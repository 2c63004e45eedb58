ghost use Rattle.std.specs.Prelude.{◌≡◌};
ghost use Rattle.layers.specs.Layers.{coarse_meaning};
ghost use Rattle.layers.specs.Laws.{coarse_lawful};
ghost use Rattle.layers.specs.Multiples.{ReadsGreatestMultiples};

use crate::step::Step;
use gauges::gauge::Gauge;
use terms::fault::Fault;
use terms::limits::SLACK_MAX;

// The heights of a gauge, rounded down to multiples of a step.
#[derive(Clone, Copy, Drop)]
pub struct Coarse<G> {
    lower: G,
    step: Step,
}

impl<G: Gauge> Coarse<G> {
    #[tactic(auto, using(crate::proofs::Rounding::reads_greatest))]
    pub fn over(lower: G, step: Step) -> Coarse<G>
        ensures made { (result.lower ≡ lower) × (result.step ≡ step) }
        ensures rounded { ReadsGreatestMultiples result.step.size (G.Gauge.meaning result.lower) }
    {
        Coarse { lower, step }
    }
}

impl<G: Gauge> Gauge for Coarse<G> {
    ghost meaning = { λ s. coarse_meaning s.step.size (G.Gauge.meaning s.lower) };

    ghost lawful = { λ s. coarse_lawful s.step.size s.step.sized (G.Gauge.meaning s.lower) (G.Gauge.lawful s.lower) };

    // The figures that stay are the lower gauge's own, told by a call each, as in Flip: nothing shared would be shorter.
    fn last(&self) -> u32 {
        self.lower.last()
    }

    fn slope(&self) -> u32 {
        self.lower.slope()
    }

    fn slack(&self) -> u32 {
        (self.lower.slack() + self.step.excess()).min(SLACK_MAX)
    }

    fn read(&self, position: u32) -> Result<i32, Fault> {
        let height = self.lower.read_below(position)?;
        Ok(self.step.round_down(height))
    }
}
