ghost use Rattle.std.specs.Prelude.{◌≡◌};
ghost use Rattle.terms.specs.Meaning.{Height};
ghost use Rattle.layers.specs.Examples.{LayerExamples};
ghost use Rattle.layers.specs.Layers.{sum_height, sum_meaning};
ghost use Rattle.layers.specs.Laws.{sum_lawful};

use crate::pair::{common_last, read_both};
use gauges::gauge::Gauge;
use terms::fault::Fault;
use terms::limits::{HEIGHT_MAX, SLACK_MAX, SLOPE_MAX};

// The sum of the heights of two gauges.
#[derive(Clone, Copy, Drop)]
pub struct Sum<A, B> {
    first: A,
    second: B,
}

impl<A, B> Sum<A, B> {
    #[tactic(auto, using(crate::proofs::Shown::layer_examples))]
    pub fn of(first: A, second: B) -> Sum<A, B>
        ensures made { (result.first ≡ first) × (result.second ≡ second) }
        ensures examples { LayerExamples }
    {
        Sum { first, second }
    }
}

// The sum of two heights, kept within their range.
#[tactic(auto, unfolding(crate::specs::Layers::sum_height))]
fn kept_sum(first: i32, second: i32) -> i32
    requires { (Height first) × (Height second) }
    ensures { result ≡ sum_height first second }
{
    (first + second).clamp(-HEIGHT_MAX, HEIGHT_MAX)
}

impl<A: Gauge, B: Gauge> Gauge for Sum<A, B> {
    ghost meaning = { λ s. sum_meaning (A.Gauge.meaning s.first) (B.Gauge.meaning s.second) };

    ghost lawful = { λ s. sum_lawful (A.Gauge.meaning s.first) (B.Gauge.meaning s.second) (A.Gauge.lawful s.first) (B.Gauge.lawful s.second) };

    fn last(&self) -> u32 {
        common_last(&self.first, &self.second)
    }

    fn slope(&self) -> u32 {
        (self.first.slope() + self.second.slope()).min(SLOPE_MAX)
    }

    fn slack(&self) -> u32 {
        (self.first.slack() + self.second.slack()).min(SLACK_MAX)
    }

    fn read(&self, position: u32) -> Result<i32, Fault> {
        let (first, second) = read_both(&self.first, &self.second, position)?;
        Ok(kept_sum(first, second))
    }
}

Task brief —
Return a word-for-word copy of the lines above from the one holding "λ s. coarse_meaning" through the one holding "self.lower.slope()", with both of them included and nothing besides.

Result for this task —
    ghost meaning = { λ s. coarse_meaning s.step.size (G.Gauge.meaning s.lower) };

    ghost lawful = { λ s. coarse_lawful s.step.size s.step.sized (G.Gauge.meaning s.lower) (G.Gauge.lawful s.lower) };

    // The figures that stay are the lower gauge's own, told by a call each, as in Flip: nothing shared would be shorter.
    fn last(&self) -> u32 {
        self.lower.last()
    }

    fn slope(&self) -> u32 {
        self.lower.slope()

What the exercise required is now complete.